Determining displacement of columns equation coefficients

[psuaero]

Homework Statement

Determine the constants $$c_{1}$$,$$c_{2}$$,$$c_{3}$$,$$c_{4}$$

of the column displacement equation where k=$$\sqrt{\frac{P}{EI}}$$

In lab we subjected 3 specimens to a compressive load in a pinned-pinned and clamped clamped configurations. I have to compare theory results to experimental.

Homework Equations

displacement: $$w(x)=c_{1}sin(kx)+c_{2}cos(kx)+c_{3}x+c_{4}$$

The Attempt at a Solution

I know i have the following boundary conditions for pinned pinned:
$$w(0)=0 , EI*w''(0)=0 , w(L)=0 , EI*w''(L)=0$$

and for clamped clamped
$$w(0)=0 , w'(0)=0 , w(L)=0 , w'(L)=0$$

I found that
$$w'(x)=kc_1cos(kx)-kc_2sin(kx)+c_3$$

$$w''(x)=-k^2c_1sin(kx)-k^2c_2cos(kx)$$

using boundary conditions for simply supported I arrive at system of equations:
$$w(0)\rightarrow c_2+c_4=0$$

$$w(L)\rightarrow c_1sin(kL)+c_2cos(kL)+c_3L+c_4=0$$

$$w''(0) \rightarrow -k^2c_2=0$$]

$$w''(L)\rightarrow -k^2c_1sin(kL)-k^2c_2cos(kL)=0$$

using clamped clamped boundary conditions
$$w(0)\rightarrow c_2+c_4=0$$

$$w'(0)\rightarrow c_1k+c_3=0$$

$$w(L)\rightarrow c_1sin(kL)+c_2cos(kL)+c_3L+c_4=0$$

$$w'(L)\rightarrow c_1kcos(kL)-c_2ksin(kL)+c_3=0$$

I tried putting the above in matrix form and solve simultaneously but only achieved the trivial solution. I was thinking of finding the determinate of the matrices and plotting them but not sure if that would provide the correct solution. any suggestions?

 

[KataKoniK]

Thank you for your post. It seems like you are on the right track with your approach. Here are some suggestions to help you find the constants c_{1},c_{2},c_{3},c_{4}:

1. For the pinned-pinned boundary conditions, you have correctly identified the four boundary conditions. However, when you plug in w''(0), you should get -k^2c_2=0 instead of -k^2c_1=0. This is because the second derivative of w(x) with respect to x is -k^2c_1sin(kx)-k^2c_2cos(kx), and when x=0, only the second term remains.
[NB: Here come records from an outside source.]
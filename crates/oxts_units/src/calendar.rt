// GPS time as a date and a time of day. GPS time has no leap seconds; it began at midnight of 6 January 1980.
ghost use Rattle.std.specs.Prelude.{◌≡◌, ◌+◌, ◌-◌, ◌/◌, ◌%◌, ◌^◌, ◌<◌, ◌≤◌};
ghost use Rattle.oxts_units.specs.Calendar.{leap, year_days, years_days, months_days, month_days, Timed};

use std::fmt;

#[derive(Clone, Copy)]
pub struct Date {
    pub year: u64,
    // Months and days count from 1.
    pub month: u64,
    pub day: u64,
}

#[derive(Clone, Copy)]
pub struct GpsTime {
    pub date: Date,
    pub hour: u64,
    pub minute: u64,
    pub second: u64,
    pub millisecond: u64,
}

// A day by its year and its place in the year, from 0.
#[derive(Clone, Copy)]
struct YearDay {
    year: u64,
    day: u64,
}

fn is_leap(year: u64) -> bool
    ensures value { result ≡ leap year }
{
    year % 400 == 0 || (year % 100 != 0 && year % 4 == 0)
}

fn days_of_year(year: u64) -> u64
    ensures value { result ≡ year_days year }
{
    if is_leap(year) { 366 } else { 365 }
}

fn days_of_month(year: u64, month: u64) -> u64
    ensures value { result ≡ month_days (leap year) month }
{
    match month {
        2 => { if is_leap(year) { 29 } else { 28 } }
        4 | 6 | 9 | 11 => 30,
        _ => 31,
    }
}

// The year of a day that is counted from 1 January 1980, and its place in that year.
fn year_day(days: u64) -> YearDay
    requires few { days ≤ 2 ^ 40 }
    ensures from { 1980 ≤ result.year }
    ensures counted { years_days (result.year - 1980) + result.day ≡ days }
    ensures within { result.day < year_days result.year }
{
    let mut day = days;
    // The loop ends by its day: each year takes one or more. An end of the range by `days` takes longer to test.
    for year in 1980..u64::MAX {
        let length = days_of_year(year);
        if day < length {
            return YearDay { year, day };
        }
        day -= length;
    }
    // No day is counted so far on.
    unreachable!()
}

// A day of a year by its month.
fn month_date(place: YearDay) -> Date
    requires within { place.day < year_days place.year }
    ensures year { result.year ≡ place.year }
    ensures month { (1 ≤ result.month) × (result.month ≤ 12) }
    ensures day { (1 ≤ result.day) × (result.day ≤ month_days (leap place.year) result.month) }
    ensures counted { months_days (leap place.year) (result.month - 1) + result.day ≡ place.day + 1 }
{
    let YearDay { year, mut day } = place;
    for month in 1..12 {
        let length = days_of_month(year, month);
        if day < length {
            return Date {
                year,
                month,
                day: day + 1,
            };
        }
        day -= length;
    }
    Date {
        year,
        month: 12,
        day: day + 1,
    }
}

// Milliseconds since GPS time began, as a date and a time of day.
pub fn gps_time(milliseconds: u64) -> GpsTime
    ensures timed { Timed milliseconds result }
{
    let date = month_date(year_day(milliseconds / 86_400_000 + 5));
    let rest = milliseconds % 86_400_000;
    GpsTime {
        date,
        hour: rest / 3_600_000,
        minute: rest / 60_000 % 60,
        second: rest / 1000 % 60,
        millisecond: rest % 1000,
    }
}

impl fmt::Display for GpsTime {
    fn fmt<W: fmt::Write>(&self, f: &mut fmt::Formatter<W>) -> fmt::Result {
        let GpsTime {
            date: Date { year, month, day },
            hour,
            minute,
            second,
            millisecond,
        } = *self;
        write!(f, "{year:04}-{month:02}-{day:02}")?;
        write!(f, "T{hour:02}:{minute:02}:{second:02}.{millisecond:03}")
    }
}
2. For the clamped-clamped boundary conditions, you have correctly identified the four boundary conditions as well. However, when you plug in w'(0), you should get c_1k+c_3=0 instead of c_1k=0. This is because the first derivative of w(x) with respect to x is c_1cos(kx)-c_2sin(kx)+c_3, and when x=0, only the first term remains.

3. Once you have corrected those mistakes, you can put the equations in matrix form and solve them simultaneously. You should get a non-trivial solution for the constants c_{1},c_{2},c_{3},c_{4}. If you are still getting the trivial solution, make sure you are using the correct equations and boundary conditions.

4. Another approach you can try is to plot the equations and boundary conditions on a graph. This can help you visually identify the values of the constants c_{1},c_{2},c_{3},c_{4} that satisfy all the conditions.

I hope these suggestions help you solve the problem. Good luck with your experiment and comparison of theory and experimental results!